Patients with COPD can benefit from ICS use

Patients with chronic obstructive pulmonary disease (COPD) who are hospitalized for pneumonia and treated with inhaled corticosteroids (ICS) have decreased mortality when compared to those who are not treated with ICS, according to a retrospective analysis of almost 16,000 COPD patients admitted to VA hospitals.

The results were published online ahead of the print edition of the American Thoracic Society's American Journal of Respiratory and Critical Care Medicine.

Read the original study here.

The use of ICS in COPD patients reduces exacerbations, but increases the rate pneumonia. "It was therefore believed that it also increased mortality," said Eric Mortensen, MD, investigator at VERDICT (Veterans Evidence-based Research, Dissemination, and Implementation Center, a VA Health Services Research and Development program) and principal investigator on the study. "This was the first large rigorous study to examine whether this was in fact the case."

"This result is the opposite of what many experts have believed," said Dr. Mortensen. "We do, however, believe that this represents the reality because ours is one the largest studies, and employed a rigorous definition of pneumonia that previous studies did not."

Dr. Mortensen and colleagues examined the medical records of 15,768 COPD patients over the age of 65 who had been admitted to the VA hospitals for pneumonia between 2002 and 2007. About half of those patients had been treated with ICS (52.5 percent) and half were not (47.5 percent).

When they analyzed all-cause mortality of the two groups for both 30- and 90-day intervals, there were significant differences between the groups: for 30-day mortality, 10.2 percent of ICS users died, compared to 13.6 percent of those who were not treated with ICS. For 90-day mortality, the difference was even more striking: 17.3 percent among the ICS users died, and 22.8 percent of those who didn't receive ICS.

Overall, those who were not treated with ICS had about a 25 percent greater mortality risk than those who were treated with ICS.

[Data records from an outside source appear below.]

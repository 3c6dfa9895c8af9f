//! What the entries before say of disks: what was written, and what of it is synced.
#![tactic(auto, using(crate::proofs::Pasts::past_next, crate::proofs::Pasts::past_none))]

ghost use Rattle.std.specs.Prelude.{◌≡◌, ◌==◌, ◌<◌, ◌≤◌, ◌+◌, ◌++◌, [], length, map, find, ℕ, is_some, if◌then◌else◌, option_to_list, None, IfOk, OnOk};
ghost use Rattle.fy_cluster.specs.History.{History, destroys, some_is, is_stored, is_closing, writes, syncs_at, strikes, closes, close_keeps, synced, unsynced, has_synced};
ghost use Rattle.fy_check_by_rules.specs.Written.{place, is_open, is_kept};
ghost use Rattle.std.specs.List.{list_any};
ghost use Rattle.fy_check_by_rules.specs.Past.{as_step, past, history_of};
ghost use Rattle.fy_check_by_rules.specs.Later.{later_after};

use crate::past::Past;
use crate::step::FoundStep;
use crate::strikes::{destroys, strikes};
use fy_acts::Reply;
use fy_cluster::effects::{delivers, syncs, tear_of};
use fy_kinds::Kind;
use fy_locality::ProcId;
use fy_net::Body;
use std::alloc::AllocError;

/// The record that the step, a Deliver answered Stored, wrote to the process.
fn writes(step: &FoundStep, p: ProcId) -> Option<u32>
    ensures { result ≡ writes (as_step [] step.now) p.0 }
{
    if delivers(&step.entry).is_none() || !is_stored(step.entry.reply) {
        return None;
    }
    match step.message {
        Some(Body::Store { rec, to }) => if to.0 == p.0 { Some(rec) } else { None },
        Some(Body::Synced { .. }) | None => None,
    }
}

/// Whether it is the reply to a Store that was delivered.
fn is_stored(reply: Reply) -> bool
    ensures { result ≡ is_stored reply }
{
    match reply {
        Reply::Stored => true,
        _ => false,
    }
}

/// Whether the step is an accepted Sync of the process.
fn syncs_at(step: &FoundStep, p: ProcId) -> bool
    ensures { result ≡ syncs_at (as_step [] step.now) p.0 }
{
    match syncs(&step.entry) {
        Some(synced) => synced.0 == p.0,
        None => false,
    }
}

/// Whether the step struck the process by a kind that decides what becomes of unsynced writes.
fn strikes_disk(step: &FoundStep, p: ProcId) -> bool
    ensures { result ≡ some_is is_closing (strikes (as_step [] step.now) p.0) }
{
    match strikes(step, p) {
        Some(Kind::RebootProcess) | None => false,
        Some(Kind::Reboot | Kind::RebootAndDelete | Kind::KillInstantly) => true,
    }
}

/// Whether the step decides what becomes of the unsynced writes to the process.
fn closes(step: &FoundStep, p: ProcId) -> bool
    ensures { result ≡ closes p.0 (as_step [] step.now) }
{
    syncs_at(step, p) || strikes_disk(step, p)
}

/// How many writes to the process there were after the step since the last that closes, where so
/// many were before it.
fn place_after(step: &FoundStep, p: ProcId, place: usize) -> usize
    requires { place < 18446744073709551615 }
    ensures place { result ≡ (if closes p.0 (as_step [] step.now) then 0
        else (if is_some (writes (as_step [] step.now) p.0) then place + 1 else place)) }
    ensures next { result ≤ place + 1 }
{
    if closes(step, p) {
        return 0;
    }
    if writes(step, p).is_some() {
        return place + 1;
    }
    place
}

/// How many writes to the process there were since the last step that closes.
fn place(steps: &[FoundStep], p: ProcId) -> usize
    ensures place { result ≡ place (past steps.now) p.0 }
    ensures few { result ≤ length steps.now }
{
    let mut place = 0usize;
    for step in steps {
        place = place_after(step, p, place);
    }
    place
}

/// Whether the close keeps the write at this place.
fn close_keeps(step: &FoundStep, p: ProcId, place: usize) -> bool
    ensures { result ≡ close_keeps p.0 place (as_step [] step.now) }
{
    syncs_at(step, p)
        || !destroys(step, p) && place < 64 && (tear_of(&step.entry) >> place) & 1 == 1
}

/// Whether one of these later steps closes a write to the process.
fn some_closes(later: &[FoundStep], p: ProcId) -> bool
    ensures { result ≡ list_any (λ s. closes p.0 (as_step [] s)) later.now }
{
    later.iter().any(|step| closes(step, p))
}

/// Whether none of these later steps closes a write to the process.
fn is_open(later: &[FoundStep], p: ProcId) -> bool
    ensures { (h : History) (place : ℕ) → result ≡ is_open p.0 (later_after h later.now) place }
{
    !some_closes(later, p)
}

/// Whether the first of these later steps that closes keeps the write at this place.
fn first_keeps(later: &[FoundStep], p: ProcId, place: usize) -> bool
    ensures { result ≡ some_is (λ s. close_keeps p.0 place (as_step [] s))
        (find (λ s. closes p.0 (as_step [] s)) later.now) }
{
    for step in later {
        if closes(step, p) {
            return close_keeps(step, p, place);
        }
    }
    false
}

/// Whether one of these later steps struck the process by a destroying kind.
fn some_destroys(later: &[FoundStep], p: ProcId) -> bool
    ensures { result ≡ list_any (λ s. destroys (as_step [] s) p.0) later.now }
{
    later.iter().any(|step| destroys(step, p))
}

/// Whether the write at this place was kept at its close, and no destroying strike came after it.
#[tactic(auto, using(crate::proofs::Written::kept_later))]
fn is_kept(later: &[FoundStep], p: ProcId, place: usize) -> bool
    ensures { (h : History) → result ≡ is_kept p.0 (later_after h later.now) place }
{
    first_keeps(later, p, place) && !some_destroys(later, p)
}

/// The record that the step wrote to the process, if it was kept.
fn kept_write(step: &FoundStep, later: &[FoundStep], p: ProcId, place: usize) -> Option<u32>
    ensures { (h : History) → result ≡ (if is_kept p.0 (later_after h later.now) place
        then writes (as_step [] step.now) p.0 else None) }
{
    if !is_kept(later, p, place) {
        return None;
    }
    writes(step, p)
}

/// The record that the step wrote to the process, if nothing closed it.
fn open_write(step: &FoundStep, later: &[FoundStep], p: ProcId) -> Option<u32>
    ensures { (h : History) (place : ℕ) → result
        ≡ (if is_open p.0 (later_after h later.now) place
        then writes (as_step [] step.now) p.0 else None) }
{
    if !is_open(later, p) {
        return None;
    }
    writes(step, p)
}

/// Puts a record last, if there is one.
fn put(list: &mut Vec<u32>, rec: Option<u32>) -> Result<(), AllocError>
    ensures { OnOk result (list.new.items ≡ list.old.items ++ option_to_list rec) }
{
    match rec {
        Some(rec) => {
            list.push(rec)?;
            Ok(())
        }
        None => Ok(()),
    }
}

/// The records that the process has synced, in the order in which they were written.
pub(crate) fn synced(before: &Past, p: ProcId) -> Result<Vec<u32>, AllocError>
    ensures { IfOk result (λ list. list.items
        ≡ map (λ x. x.rec) (synced (history_of before.now) p.0)) }
{
    let Past { alloc, steps, .. } = *before;
    let mut list = Vec::new(alloc);
    for (i, step) in steps.iter().enumerate() {
        let place = place(&steps[..i], p);
        let kept = kept_write(step, &steps[i + 1..], p, place);
        put(&mut list, kept)?;
    }
    Ok(list)
}

/// The records that the process has written and neither synced nor lost, in that order.
pub(crate) fn unsynced(before: &Past, p: ProcId) -> Result<Vec<u32>, AllocError>
    ensures { IfOk result (λ list. list.items
        ≡ map (λ x. x.rec) (unsynced (history_of before.now) p.0)) }
{
    let Past { alloc, steps, .. } = *before;
    let mut list = Vec::new(alloc);
    for (i, step) in steps.iter().enumerate() {
        let open = open_write(step, &steps[i + 1..], p);
        put(&mut list, open)?;
    }
    Ok(list)
}

/// Whether the record is one of these.
fn is_one_of(list: &[u32], rec: u32) -> bool
    ensures { result ≡ list_any (λ n. n == rec) list.now }
{
    list.iter().any(|n| *n == rec)
}

/// Whether the process has the record synced.
pub(crate) fn has_synced(before: &Past, rec: u32, p: ProcId) -> Result<bool, AllocError>
    ensures { IfOk result (λ has. has ≡ has_synced (history_of before.now) rec p.0) }
{
    let list = synced(before, p)?;
    let has = is_one_of(&list, rec);
    Ok(has)
}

"These results have clear implications for current clinical practice, which has been informed in the past by a series of studies that found an increased risk of pneumonia with ICS use," said Dr. Mortensen. "In contrast, our study would suggest that ICS use may confer a survival benefit to these patients and may be employed when there are not contraindications. These results should reassure clinicians that they can give their COPD patients ICS without fearing that the increased risk of pneumonia will translate into higher risk of mortality."

The next "really big question," according to Dr. Mortensen is whether ICS might be useful to initiate in certain sub-populations hospitalized with pneumonia. "There is currently a large randomized, controlled trial getting started that is looking at using oral versus intravenous steroids for all pneumonia patients," Dr. Mortensen explained. "The potential question is if this is successful would it be as useful to start these patients on inhaled (rather than oral or intravenous) steroids."